Working data Start Marker
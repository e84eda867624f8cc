// What is learnt from a conflict.
ghost use Rattle.std.specs.Prelude.{◌≡◌, ◌≤◌, ◌<◌, ◌+◌, ℕ, Bool, OnOk, OnErr};
ghost use Rattle.lls_prooflog.specs.Spent.{SomeCanBeLearnt, live_after};
ghost use Rattle.lls_store.specs.Store.{IsConflict};
ghost use Rattle.lls_analyse.specs.Learnt.{IsCurrentConflict};
ghost use Rattle.lls_solver.specs.Policy.{policy_for};
ghost use Rattle.lls_solver.specs.Searching.{additions, AddsEmpty, IsRefutation, IsSearching, KeepsAll, LearnsOne};

use crate::course::Course;
use crate::policy::Policy;
use crate::solving::MOST_BUDGET;
use lls_analyse::Analyser;
use lls_base::Memory;
use lls_cnf::Formula;
use lls_prooflog::Log;
use lls_store::Store;
use std::alloc::Global;

/// Learns a clause from a conflict at a level above 0, and goes back.
pub(crate) fn learn_from<S: Store>(
    formula: &Formula,
    store: &mut S,
    course: &mut Course,
    analyser: &mut Analyser,
    policy: &mut Policy,
    log: &mut Log,
    conflict: u32,
) -> Result<(), Memory>
    requires searching { IsSearching formula.now log.old.steps (S.state store.old) course.old }
    requires tracked { S.tracks store.old course.old }
    requires analyser { analyser.old.vars ≡ formula.now.vars }
    requires policy { policy.old ≡ policy_for (S.state store.old) }
    requires few { additions log.old.steps < MOST_BUDGET }
    requires level { 0 < course.old.current }
    requires conflict { IsCurrentConflict (S.state store.old).live course.old conflict }
    ensures searching { OnOk result (IsSearching formula.now log.new.steps (S.state store.new) course.new) }
    ensures additions { OnOk result (additions log.new.steps ≡ additions log.old.steps + 1) }
    ensures learns { OnOk result (LearnsOne formula.now log.old.steps log.new.steps) }
    ensures kept { OnOk result ((keep_all : Bool) → KeepsAll keep_all log.old.steps → KeepsAll keep_all log.new.steps) }
    ensures err { OnErr result (log.new.steps ≡ log.old.steps) }
    ensures err_state { OnErr result (S.state store.new ≡ S.state store.old) }
    ensures vars { (S.state store.new).vars ≡ (S.state store.old).vars }
    ensures tracked { S.tracks store.new course.new }
    ensures analyser { analyser.new.vars ≡ analyser.old.vars }
    ensures policy { policy.new ≡ policy_for (S.state store.new) }
{
    analyser.reserve_conflict(store, log)?;
    policy.add_clause()?;
    let id = formula.len() as u64 + log.additions() + 1;
    let learnt = analyser.learn(store, &course.trail, conflict, id, log);
    // What holds of all live clauses is known from here on.
    let _count = store.count();
    policy.learn(
        &course.trail,
        store.lits(learnt.clause),
        analyser.resolved(),
    );
    course.bump(analyser.met());
    course.bump_reasons(store, policy.followed(store.lits(learnt.clause)));
    course.go_back(store, learnt.back);
    Ok(())
}

/// Learns one clause more from a conflict at a level above 0, into a log that isn't written out: it shows that the search
/// wasn't done. Then the clause is taken out again.
pub(crate) fn learn_further<S: Store>(
    alloc: Global,
    formula: &Formula,
    store: &mut S,
    course: &Course,
    analyser: &mut Analyser,
    policy: &mut Policy,
    log: &Log,
    conflict: u32,
) -> Result<(), Memory>
    requires searching { IsSearching formula.now log.now.steps (S.state store.old) course.now }
    requires tracked { S.tracks store.old course.now }
    requires analyser { analyser.old.vars ≡ formula.now.vars }
    requires policy { policy.old ≡ policy_for (S.state store.old) }
    requires few { additions log.now.steps ≤ MOST_BUDGET }
    requires level { 0 < course.now.current }
    requires conflict { IsCurrentConflict (S.state store.old).live course.now conflict }
    ensures further { OnOk result (SomeCanBeLearnt formula.now.vars (live_after formula.now log.now.steps)) }
    ensures live { (S.state store.new).live ≡ (S.state store.old).live }
    ensures vars { (S.state store.new).vars ≡ (S.state store.old).vars }
    ensures tracked { S.tracks store.new course.now }
    ensures analyser { analyser.new.vars ≡ analyser.old.vars }
    ensures policy { policy.new ≡ policy_for (S.state store.new) }
{
    let mut further = Log::new(alloc);
    analyser.reserve_conflict(store, &mut further)?;
    policy.add_clause()?;
    let id = formula.len() as u64 + log.additions() + 1;
    let learnt = analyser.learn(store, &course.trail, conflict, id, &mut further);
    // What holds of all live clauses is known from here on.
    let _count = store.count();
    store.remove(&course.trail, learnt.clause);
    Ok(())
}

/// Derives the empty clause from a conflict at level 0.
pub(crate) fn refute_by<S: Store>(
    formula: &Formula,
    store: &mut S,
    course: &Course,
    analyser: &mut Analyser,
    log: &mut Log,
    conflict: u32,
) -> Result<(), Memory>
    requires searching { IsSearching formula.now log.old.steps (S.state store.old) course.now }
    requires tracked { S.tracks store.old course.now }
    requires analyser { analyser.old.vars ≡ formula.now.vars }
    requires few { additions log.old.steps ≤ MOST_BUDGET }
    requires level { course.now.current ≡ 0 }
    requires conflict { IsConflict (S.state store.old).live course.now conflict }
    ensures refutation { OnOk result ((budget : ℕ) → additions log.old.steps ≤ budget → IsRefutation formula.now budget log.new.steps) }
    ensures empty { OnOk result (AddsEmpty log.old.steps log.new.steps) }
    ensures kept { OnOk result ((keep_all : Bool) → KeepsAll keep_all log.old.steps → KeepsAll keep_all log.new.steps) }
    ensures err { OnErr result (log.new.steps ≡ log.old.steps) }
    ensures state { S.state store.new ≡ S.state store.old }
    ensures tracked { S.tracks store.new course.now }
    ensures analyser { analyser.new.vars ≡ analyser.old.vars }
{
    analyser.reserve_conflict(store, log)?;
    let id = formula.len() as u64 + log.additions() + 1;
    analyser.refute(store, &course.trail, conflict, id, log);
    Ok(())
}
Working data End Marker
§ Aim of the task: Reproduce the full listing exactly.

§ Exercise solution:
repository e84eda867624f8cc
// What is learnt from a conflict.
ghost use Rattle.std.specs.Prelude.{◌≡◌, ◌≤◌, ◌<◌, ◌+◌, ℕ, Bool, OnOk, OnErr};
ghost use Rattle.lls_prooflog.specs.Spent.{SomeCanBeLearnt, live_after};
ghost use Rattle.lls_store.specs.Store.{IsConflict};
ghost use Rattle.lls_analyse.specs.Learnt.{IsCurrentConflict};
ghost use Rattle.lls_solver.specs.Policy.{policy_for};
ghost use Rattle.lls_solver.specs.Searching.{additions, AddsEmpty, IsRefutation, IsSearching, KeepsAll, LearnsOne};

use crate::course::Course;
use crate::policy::Policy;
use crate::solving::MOST_BUDGET;
use lls_analyse::Analyser;
use lls_base::Memory;
use lls_cnf::Formula;
use lls_prooflog::Log;
use lls_store::Store;
use std::alloc::Global;

/// Learns a clause from a conflict at a level above 0, and goes back.
pub(crate) fn learn_from<S: Store>(
    formula: &Formula,
    store: &mut S,
    course: &mut Course,
    analyser: &mut Analyser,
    policy: &mut Policy,
    log: &mut Log,
    conflict: u32,
) -> Result<(), Memory>
    requires searching { IsSearching formula.now log.old.steps (S.state store.old) course.old }
    requires tracked { S.tracks store.old course.old }
    requires analyser { analyser.old.vars ≡ formula.now.vars }
    requires policy { policy.old ≡ policy_for (S.state store.old) }
    requires few { additions log.old.steps < MOST_BUDGET }
    requires level { 0 < course.old.current }
    requires conflict { IsCurrentConflict (S.state store.old).live course.old conflict }
    ensures searching { OnOk result (IsSearching formula.now log.new.steps (S.state store.new) course.new) }
    ensures additions { OnOk result (additions log.new.steps ≡ additions log.old.steps + 1) }
    ensures learns { OnOk result (LearnsOne formula.now log.old.steps log.new.steps) }
    ensures kept { OnOk result ((keep_all : Bool) → KeepsAll keep_all log.old.steps → KeepsAll keep_all log.new.steps) }
    ensures err { OnErr result (log.new.steps ≡ log.old.steps) }
    ensures err_state { OnErr result (S.state store.new ≡ S.state store.old) }
    ensures vars { (S.state store.new).vars ≡ (S.state store.old).vars }
    ensures tracked { S.tracks store.new course.new }
    ensures analyser { analyser.new.vars ≡ analyser.old.vars }
    ensures policy { policy.new ≡ policy_for (S.state store.new) }
{
    analyser.reserve_conflict(store, log)?;
    policy.add_clause()?;
    let id = formula.len() as u64 + log.additions() + 1;
    let learnt = analyser.learn(store, &course.trail, conflict, id, log);
    // What holds of all live clauses is known from here on.
    let _count = store.count();
    policy.learn(
        &course.trail,
        store.lits(learnt.clause),
        analyser.resolved(),
    );
    course.bump(analyser.met());
    course.bump_reasons(store, policy.followed(store.lits(learnt.clause)));
    course.go_back(store, learnt.back);
    Ok(())
}

/// Learns one clause more from a conflict at a level above 0, into a log that isn't written out: it shows that the search
/// wasn't done. Then the clause is taken out again.
pub(crate) fn learn_further<S: Store>(
    alloc: Global,
    formula: &Formula,
    store: &mut S,
    course: &Course,
    analyser: &mut Analyser,
    policy: &mut Policy,
    log: &Log,
    conflict: u32,
) -> Result<(), Memory>
    requires searching { IsSearching formula.now log.now.steps (S.state store.old) course.now }
    requires tracked { S.tracks store.old course.now }
    requires analyser { analyser.old.vars ≡ formula.now.vars }
    requires policy { policy.old ≡ policy_for (S.state store.old) }
    requires few { additions log.now.steps ≤ MOST_BUDGET }
    requires level { 0 < course.now.current }
    requires conflict { IsCurrentConflict (S.state store.old).live course.now conflict }
    ensures further { OnOk result (SomeCanBeLearnt formula.now.vars (live_after formula.now log.now.steps)) }
    ensures live { (S.state store.new).live ≡ (S.state store.old).live }
    ensures vars { (S.state store.new).vars ≡ (S.state store.old).vars }
    ensures tracked { S.tracks store.new course.now }
    ensures analyser { analyser.new.vars ≡ analyser.old.vars }
    ensures policy { policy.new ≡ policy_for (S.state store.new) }
{
    let mut further = Log::new(alloc);
    analyser.reserve_conflict(store, &mut further)?;
    policy.add_clause()?;
    let id = formula.len() as u64 + log.additions() + 1;
    let learnt = analyser.learn(store, &course.trail, conflict, id, &mut further);
    // What holds of all live clauses is known from here on.
    let _count = store.count();
    store.remove(&course.trail, learnt.clause);
    Ok(())
}

/// Derives the empty clause from a conflict at level 0.
pub(crate) fn refute_by<S: Store>(
    formula: &Formula,
    store: &mut S,
    course: &Course,
    analyser: &mut Analyser,
    log: &mut Log,
    conflict: u32,
) -> Result<(), Memory>
    requires searching { IsSearching formula.now log.old.steps (S.state store.old) course.now }
    requires tracked { S.tracks store.old course.now }
    requires analyser { analyser.old.vars ≡ formula.now.vars }
    requires few { additions log.old.steps ≤ MOST_BUDGET }
    requires level { course.now.current ≡ 0 }
    requires conflict { IsConflict (S.state store.old).live course.now conflict }
    ensures refutation { OnOk result ((budget : ℕ) → additions log.old.steps ≤ budget → IsRefutation formula.now budget log.new.steps) }
    ensures empty { OnOk result (AddsEmpty log.old.steps log.new.steps) }
    ensures kept { OnOk result ((keep_all : Bool) → KeepsAll keep_all log.old.steps → KeepsAll keep_all log.new.steps) }
    ensures err { OnErr result (log.new.steps ≡ log.old.steps) }
    ensures state { S.state store.new ≡ S.state store.old }
    ensures tracked { S.tracks store.new course.now }
    ensures analyser { analyser.new.vars ≡ analyser.old.vars }
{
    analyser.reserve_conflict(store, log)?;
    let id = formula.len() as u64 + log.additions() + 1;
    analyser.refute(store, &course.trail, conflict, id, log);
    Ok(())
}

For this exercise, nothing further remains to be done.